Task to complete → Output only the lines below that start at the line containing "pub fn seat(&mut" and end at the line containing "(self.new ≡ self.old)", with both ends kept.

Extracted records
= = = =

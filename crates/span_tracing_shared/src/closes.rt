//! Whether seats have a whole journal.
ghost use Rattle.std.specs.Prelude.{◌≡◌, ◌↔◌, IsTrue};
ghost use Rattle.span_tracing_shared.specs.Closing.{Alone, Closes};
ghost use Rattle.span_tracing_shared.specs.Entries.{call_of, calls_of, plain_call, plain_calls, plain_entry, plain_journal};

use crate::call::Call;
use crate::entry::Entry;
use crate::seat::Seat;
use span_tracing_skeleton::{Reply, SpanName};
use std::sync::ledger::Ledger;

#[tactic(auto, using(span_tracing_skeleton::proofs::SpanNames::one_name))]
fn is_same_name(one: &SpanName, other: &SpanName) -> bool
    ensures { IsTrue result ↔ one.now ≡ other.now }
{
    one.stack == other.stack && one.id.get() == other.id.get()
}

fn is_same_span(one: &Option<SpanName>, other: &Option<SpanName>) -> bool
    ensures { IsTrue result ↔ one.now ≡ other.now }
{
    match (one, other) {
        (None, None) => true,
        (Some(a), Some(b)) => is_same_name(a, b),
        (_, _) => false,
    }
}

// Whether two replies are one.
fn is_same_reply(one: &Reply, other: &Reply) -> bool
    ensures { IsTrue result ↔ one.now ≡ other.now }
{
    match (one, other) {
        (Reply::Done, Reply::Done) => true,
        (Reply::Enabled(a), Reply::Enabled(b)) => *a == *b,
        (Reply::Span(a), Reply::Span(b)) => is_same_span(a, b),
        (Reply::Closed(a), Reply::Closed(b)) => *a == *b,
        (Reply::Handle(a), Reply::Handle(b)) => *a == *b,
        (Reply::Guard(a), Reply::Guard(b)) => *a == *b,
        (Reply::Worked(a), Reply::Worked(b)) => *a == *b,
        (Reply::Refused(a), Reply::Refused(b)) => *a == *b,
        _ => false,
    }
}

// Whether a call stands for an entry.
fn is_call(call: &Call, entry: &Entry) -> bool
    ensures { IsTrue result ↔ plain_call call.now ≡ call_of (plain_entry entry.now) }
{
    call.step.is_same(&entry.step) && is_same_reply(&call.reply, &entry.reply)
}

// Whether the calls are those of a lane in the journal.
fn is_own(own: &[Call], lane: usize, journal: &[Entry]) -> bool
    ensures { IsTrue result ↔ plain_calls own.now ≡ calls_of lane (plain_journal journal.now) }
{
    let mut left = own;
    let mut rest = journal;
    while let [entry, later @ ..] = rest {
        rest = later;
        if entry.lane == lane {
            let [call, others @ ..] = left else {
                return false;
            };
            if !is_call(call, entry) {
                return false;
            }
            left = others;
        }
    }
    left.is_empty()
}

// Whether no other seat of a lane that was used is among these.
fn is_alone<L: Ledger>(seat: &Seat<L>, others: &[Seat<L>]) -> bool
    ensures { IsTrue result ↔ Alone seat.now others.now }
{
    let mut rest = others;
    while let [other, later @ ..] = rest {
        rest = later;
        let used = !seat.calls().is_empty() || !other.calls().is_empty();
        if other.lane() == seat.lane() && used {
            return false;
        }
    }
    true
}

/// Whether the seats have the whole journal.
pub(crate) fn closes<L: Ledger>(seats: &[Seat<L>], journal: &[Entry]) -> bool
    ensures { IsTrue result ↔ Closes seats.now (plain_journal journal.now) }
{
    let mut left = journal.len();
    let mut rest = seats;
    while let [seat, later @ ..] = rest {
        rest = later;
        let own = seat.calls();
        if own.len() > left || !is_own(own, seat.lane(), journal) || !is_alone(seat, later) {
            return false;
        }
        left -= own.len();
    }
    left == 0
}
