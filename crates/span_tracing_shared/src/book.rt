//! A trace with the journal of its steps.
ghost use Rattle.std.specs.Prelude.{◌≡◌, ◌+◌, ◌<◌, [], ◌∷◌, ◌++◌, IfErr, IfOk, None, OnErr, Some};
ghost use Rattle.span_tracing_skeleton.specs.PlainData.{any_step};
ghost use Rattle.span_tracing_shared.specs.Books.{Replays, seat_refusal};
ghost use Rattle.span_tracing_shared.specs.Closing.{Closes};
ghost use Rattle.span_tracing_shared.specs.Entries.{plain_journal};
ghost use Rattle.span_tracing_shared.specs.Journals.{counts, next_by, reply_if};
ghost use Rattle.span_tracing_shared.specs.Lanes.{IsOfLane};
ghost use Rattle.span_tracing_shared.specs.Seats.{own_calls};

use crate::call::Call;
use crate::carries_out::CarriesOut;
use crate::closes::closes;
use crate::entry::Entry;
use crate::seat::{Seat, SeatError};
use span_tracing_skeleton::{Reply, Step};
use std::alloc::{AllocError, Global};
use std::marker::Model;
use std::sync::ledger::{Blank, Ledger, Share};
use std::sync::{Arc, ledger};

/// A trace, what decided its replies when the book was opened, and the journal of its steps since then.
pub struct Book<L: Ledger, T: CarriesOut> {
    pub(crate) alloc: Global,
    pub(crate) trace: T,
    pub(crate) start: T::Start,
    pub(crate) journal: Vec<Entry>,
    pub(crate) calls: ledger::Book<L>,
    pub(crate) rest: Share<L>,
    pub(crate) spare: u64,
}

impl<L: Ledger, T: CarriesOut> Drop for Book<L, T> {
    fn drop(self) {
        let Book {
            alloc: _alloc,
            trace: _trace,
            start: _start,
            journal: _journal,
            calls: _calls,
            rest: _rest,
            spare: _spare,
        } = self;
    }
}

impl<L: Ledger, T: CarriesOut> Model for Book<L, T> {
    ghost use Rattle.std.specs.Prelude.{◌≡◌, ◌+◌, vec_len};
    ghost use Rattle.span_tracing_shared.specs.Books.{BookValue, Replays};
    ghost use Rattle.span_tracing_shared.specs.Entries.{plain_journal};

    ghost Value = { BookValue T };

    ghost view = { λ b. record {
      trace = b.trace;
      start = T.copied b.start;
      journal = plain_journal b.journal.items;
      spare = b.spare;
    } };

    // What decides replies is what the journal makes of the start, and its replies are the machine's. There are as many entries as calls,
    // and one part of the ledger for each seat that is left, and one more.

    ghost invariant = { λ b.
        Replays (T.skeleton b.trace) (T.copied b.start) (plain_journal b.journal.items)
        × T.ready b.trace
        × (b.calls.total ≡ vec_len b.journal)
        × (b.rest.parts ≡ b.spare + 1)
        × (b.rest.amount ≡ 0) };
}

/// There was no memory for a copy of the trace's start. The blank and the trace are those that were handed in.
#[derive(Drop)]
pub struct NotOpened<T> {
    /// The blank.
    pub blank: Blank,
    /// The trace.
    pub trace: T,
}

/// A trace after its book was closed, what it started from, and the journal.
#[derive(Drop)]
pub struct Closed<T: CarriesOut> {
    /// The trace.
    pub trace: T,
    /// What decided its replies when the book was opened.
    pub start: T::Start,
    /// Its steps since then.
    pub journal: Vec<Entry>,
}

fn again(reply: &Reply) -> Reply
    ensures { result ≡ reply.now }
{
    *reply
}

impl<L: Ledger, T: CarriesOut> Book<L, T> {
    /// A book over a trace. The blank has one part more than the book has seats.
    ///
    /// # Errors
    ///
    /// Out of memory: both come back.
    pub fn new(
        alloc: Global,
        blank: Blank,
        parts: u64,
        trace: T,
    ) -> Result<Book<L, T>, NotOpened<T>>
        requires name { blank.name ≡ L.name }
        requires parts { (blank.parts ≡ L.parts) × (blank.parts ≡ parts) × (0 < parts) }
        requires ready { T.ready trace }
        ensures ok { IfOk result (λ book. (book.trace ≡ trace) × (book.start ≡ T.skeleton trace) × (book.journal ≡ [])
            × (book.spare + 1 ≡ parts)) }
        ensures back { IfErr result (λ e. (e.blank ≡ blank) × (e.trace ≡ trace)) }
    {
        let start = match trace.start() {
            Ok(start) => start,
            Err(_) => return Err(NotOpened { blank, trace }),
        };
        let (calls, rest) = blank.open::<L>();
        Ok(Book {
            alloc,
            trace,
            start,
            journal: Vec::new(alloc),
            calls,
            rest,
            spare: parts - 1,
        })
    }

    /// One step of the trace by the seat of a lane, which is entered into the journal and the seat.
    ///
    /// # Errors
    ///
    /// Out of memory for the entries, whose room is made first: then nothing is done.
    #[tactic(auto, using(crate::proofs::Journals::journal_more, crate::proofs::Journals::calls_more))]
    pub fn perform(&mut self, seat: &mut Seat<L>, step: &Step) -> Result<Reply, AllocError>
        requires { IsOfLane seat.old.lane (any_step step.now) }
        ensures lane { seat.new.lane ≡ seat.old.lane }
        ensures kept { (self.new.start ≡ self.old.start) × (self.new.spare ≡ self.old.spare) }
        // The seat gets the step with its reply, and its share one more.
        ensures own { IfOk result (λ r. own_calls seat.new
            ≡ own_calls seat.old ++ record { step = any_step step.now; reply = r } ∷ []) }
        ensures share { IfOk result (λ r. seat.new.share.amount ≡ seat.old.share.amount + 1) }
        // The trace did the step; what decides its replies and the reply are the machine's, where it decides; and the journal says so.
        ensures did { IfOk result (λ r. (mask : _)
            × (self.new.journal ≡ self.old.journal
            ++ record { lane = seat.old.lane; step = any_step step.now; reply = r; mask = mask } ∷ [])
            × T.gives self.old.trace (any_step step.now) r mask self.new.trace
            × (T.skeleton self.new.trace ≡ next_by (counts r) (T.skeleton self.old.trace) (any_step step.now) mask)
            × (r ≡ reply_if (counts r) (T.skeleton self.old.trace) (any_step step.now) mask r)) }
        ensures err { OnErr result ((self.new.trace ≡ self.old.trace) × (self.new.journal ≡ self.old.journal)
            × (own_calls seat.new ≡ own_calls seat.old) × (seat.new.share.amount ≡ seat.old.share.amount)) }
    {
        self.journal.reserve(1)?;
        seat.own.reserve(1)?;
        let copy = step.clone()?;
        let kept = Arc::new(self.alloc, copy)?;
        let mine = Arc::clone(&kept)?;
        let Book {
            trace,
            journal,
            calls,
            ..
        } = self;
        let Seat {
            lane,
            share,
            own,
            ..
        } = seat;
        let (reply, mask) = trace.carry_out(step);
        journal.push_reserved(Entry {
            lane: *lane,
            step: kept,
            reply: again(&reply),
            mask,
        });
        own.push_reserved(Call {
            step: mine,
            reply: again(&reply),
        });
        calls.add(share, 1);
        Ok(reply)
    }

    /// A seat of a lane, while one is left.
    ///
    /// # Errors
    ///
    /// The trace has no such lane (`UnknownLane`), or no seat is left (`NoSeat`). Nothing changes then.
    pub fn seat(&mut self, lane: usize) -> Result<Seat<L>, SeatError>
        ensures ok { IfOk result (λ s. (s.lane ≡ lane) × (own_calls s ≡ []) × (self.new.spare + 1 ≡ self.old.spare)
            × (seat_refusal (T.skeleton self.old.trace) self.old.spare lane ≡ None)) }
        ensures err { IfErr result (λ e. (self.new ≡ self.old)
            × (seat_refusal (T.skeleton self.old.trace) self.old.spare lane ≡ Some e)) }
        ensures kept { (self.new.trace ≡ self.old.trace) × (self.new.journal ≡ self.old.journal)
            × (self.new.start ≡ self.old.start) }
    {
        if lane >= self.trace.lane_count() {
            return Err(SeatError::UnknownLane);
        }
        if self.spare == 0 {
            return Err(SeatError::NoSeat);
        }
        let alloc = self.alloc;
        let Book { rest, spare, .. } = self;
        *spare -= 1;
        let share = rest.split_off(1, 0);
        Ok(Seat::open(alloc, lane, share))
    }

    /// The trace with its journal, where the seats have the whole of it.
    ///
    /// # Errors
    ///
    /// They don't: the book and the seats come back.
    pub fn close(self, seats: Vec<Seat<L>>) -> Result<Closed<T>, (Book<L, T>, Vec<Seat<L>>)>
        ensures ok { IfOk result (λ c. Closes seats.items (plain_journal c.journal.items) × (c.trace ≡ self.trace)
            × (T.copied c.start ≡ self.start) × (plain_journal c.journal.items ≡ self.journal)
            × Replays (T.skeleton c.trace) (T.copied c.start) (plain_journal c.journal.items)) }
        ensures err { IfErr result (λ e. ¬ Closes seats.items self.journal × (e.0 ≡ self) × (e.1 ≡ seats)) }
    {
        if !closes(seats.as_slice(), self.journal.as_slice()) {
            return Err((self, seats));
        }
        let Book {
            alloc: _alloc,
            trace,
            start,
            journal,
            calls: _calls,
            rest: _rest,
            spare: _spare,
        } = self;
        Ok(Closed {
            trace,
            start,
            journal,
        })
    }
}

= = = =

Exercise answer →
    pub fn seat(&mut self, lane: usize) -> Result<Seat<L>, SeatError>
        ensures ok { IfOk result (λ s. (s.lane ≡ lane) × (own_calls s ≡ []) × (self.new.spare + 1 ≡ self.old.spare)
            × (seat_refusal (T.skeleton self.old.trace) self.old.spare lane ≡ None)) }
        ensures err { IfErr result (λ e. (self.new ≡ self.old)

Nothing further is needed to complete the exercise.